Years after a botched restoration of a religious painting exploded to viral fame, the artistic atrocity known as “Monkey Christ” is still drawing visitors — and tourism dollars — to a small Spanish town.

The story starts back in 2012, when parishioner Cecilia Giménez of the Santuario de Misericordia outside Borja, Spain decided to restore a nearly century-old painting of Jesus Christ on the wall of her church, according to The Guardian. Her efforts were only partly finished when she left town on a trip, but pictures of her work were uploaded to the internet where they quickly went viral. Soon, the painting was mocked around the world, and came to be known as Potato Jesus or Monkey Christ.

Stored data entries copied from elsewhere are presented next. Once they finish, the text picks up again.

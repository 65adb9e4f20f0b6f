//! Keys of short text, compared and hashed without regard to ASCII case.
ghost use Rattle.std.specs.Prelude.{◌==◌};
ghost use Rattle.std.specs.Cmp.{on_po};
ghost use Rattle.std.specs.Cmp.Rules.{comparing, hashing};
ghost use Rattle.std.specs.Hash as fed;
ghost use Rattle.std.specs.Ordering.{on};
ghost use Rattle.std.proofs.Common.{rules};
ghost use Rattle.driver.specs.Keys.{same_cmp, same_cmp_partial_order};

use super::copied::CopiedKey;
use super::counts::{Effect, Shared};
use super::identity::Identity;
use std::cmp::Ordering;
use std::fmt;
use std::hash::{Hash, Hasher};

/// The first eight bytes of a text. Two keys are the same if they differ in case alone, so what
/// a map has stored shows which of them it keeps.
#[derive(Clone, Drop)]
pub struct Key {
    identity: Identity,
    text: [u8; 8],
    /// The text in lower case, as one number.
    folded: u64,
}

impl Key {
    /// Makes a key of a text, with the next serial number.
    pub fn new(text: &str, counts: &Shared) -> Key {
        let mut bytes = [0; 8];
        for (place, byte) in bytes.iter_mut().zip(text.bytes()) {
            *place = byte;
        }
        Key::of_bytes(bytes, counts)
    }

    fn of_bytes(text: [u8; 8], counts: &Shared) -> Key {
        let mut lower = text;
        for place in lower.iter_mut() {
            *place = place.to_ascii_lowercase();
        }
        Key {
            identity: Identity::new(counts, Effect::DropKey),
            text,
            folded: u64::from_le_bytes(lower),
        }
    }

    /// Makes a key of the decimal text of a number, with the next serial number.
    pub fn decimal(number: u64, counts: &Shared) -> Key {
        Key::of_bytes(decimal_text(number), counts)
    }

    /// Makes a key of the same text, with the next serial number.
    pub fn again(&self) -> Key {
        self.with_identity(self.identity.again())
    }

    /// Makes a copy, which is not counted as a clone.
    pub fn copy(&self) -> Key {
        self.with_identity(self.identity.copy())
    }

    fn with_identity(&self, identity: Identity) -> Key {
        Key {
            identity,
            text: self.text,
            folded: self.folded,
        }
    }

    /// Returns the text as one number, whose order is that of the texts.
    pub fn number(&self) -> u64 {
        u64::from_be_bytes(self.text)
    }

    /// Returns the text in lower case as a key that is copied.
    pub fn copied(&self) -> CopiedKey<'_> {
        CopiedKey::new(self.text, self.folded, &self.identity)
    }

    /// Returns the text as a key that is copied, and compared as it is.
    pub fn ordered(&self) -> CopiedKey<'_> {
        CopiedKey::new(self.text, self.number(), &self.identity)
    }

    /// Returns the serial number.
    pub fn serial(&self) -> u64 {
        self.identity.serial()
    }
}

/// Returns the last eight digits of a number.
fn decimal_text(number: u64) -> [u8; 8] {
    let mut text = 0;
    let mut rest = number;
    for _ in 0..8 {
        text = text >> 8 | (rest % 10 + 48) << 56;
        rest /= 10;
        if rest == 0 {
            break;
        }
    }
    u64::to_be_bytes(text)
}

impl PartialEq for Key {
    ghost eq = { on (λ key. key.folded) ◌==◌ };

    ghost laws = { Prim.search (comparing, rules) };

    fn eq(&self, other: &Key) -> bool {
        self.identity.count(Effect::EqKey);
        self.folded == other.folded
    }
}

impl Eq for Key {
    ghost laws = { Prim.search (comparing, rules) };
}

/// Keys that are not the same have no order.
impl PartialOrd for Key {
    ghost partial_cmp = { on (λ key. key.folded) same_cmp };

    ghost laws = { on_po (λ key. key.folded) same_cmp_partial_order };

    fn partial_cmp(&self, other: &Key) -> Option<Ordering> {
        self.identity.count(Effect::CmpKey);
        if self.folded == other.folded {
            Some(Ordering::Equal)
        } else {
            None
        }
    }
}

impl Hash for Key {
    ghost hash_input = { λ key. fed.u64 key.folded };

    ghost respects_eq = { Prim.search (hashing, rules) };

    fn hash<H: Hasher>(&self, state: &mut H) {
        self.identity.count(Effect::HashKey);
        state.write_u64(self.folded);
    }
}

/// The text alone.
impl fmt::Debug for Key {
    fn fmt<W: fmt::Write>(&self, f: &mut fmt::Formatter<W>) -> fmt::Result {
        write_text(self.text, f)
    }
}

/// Writes the bytes of a text that are not 0.
pub fn write_text<W: fmt::Write>(text: [u8; 8], f: &mut fmt::Formatter<W>) -> fmt::Result {
    for byte in text {
        if byte != 0 {
            write!(f, "{}", char::from(byte))?;
        }
    }
    Ok(())
}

Now, years later, the clumsy restoration has proved to be a reliable tourist attraction for the area. Today, Borja receives 16,000 visitors a year, according to The Guardian. That’s more than four times the annual number that came before Giménez’s well-intentioned artistic disaster.

The revenue generated by those meme-savvy tourists helps fund Borja’s home for the elderly, as well as maintain employment for the Santuario de Misericordia’s two caretakers, per The Guardian.

For the residents of Borja, the attention generated by the Potato Jesus certainly had an economic upside.

“It was a media phenomenon, but it’s also been a social phenomenon when it comes to helping people,” Borja’s mayor, Eduardo Arilla, told the news outlet. “If it hadn’t happened, maybe Borja would have become famous for something else, like its wine. But we wouldn’t be as well known as we are now.”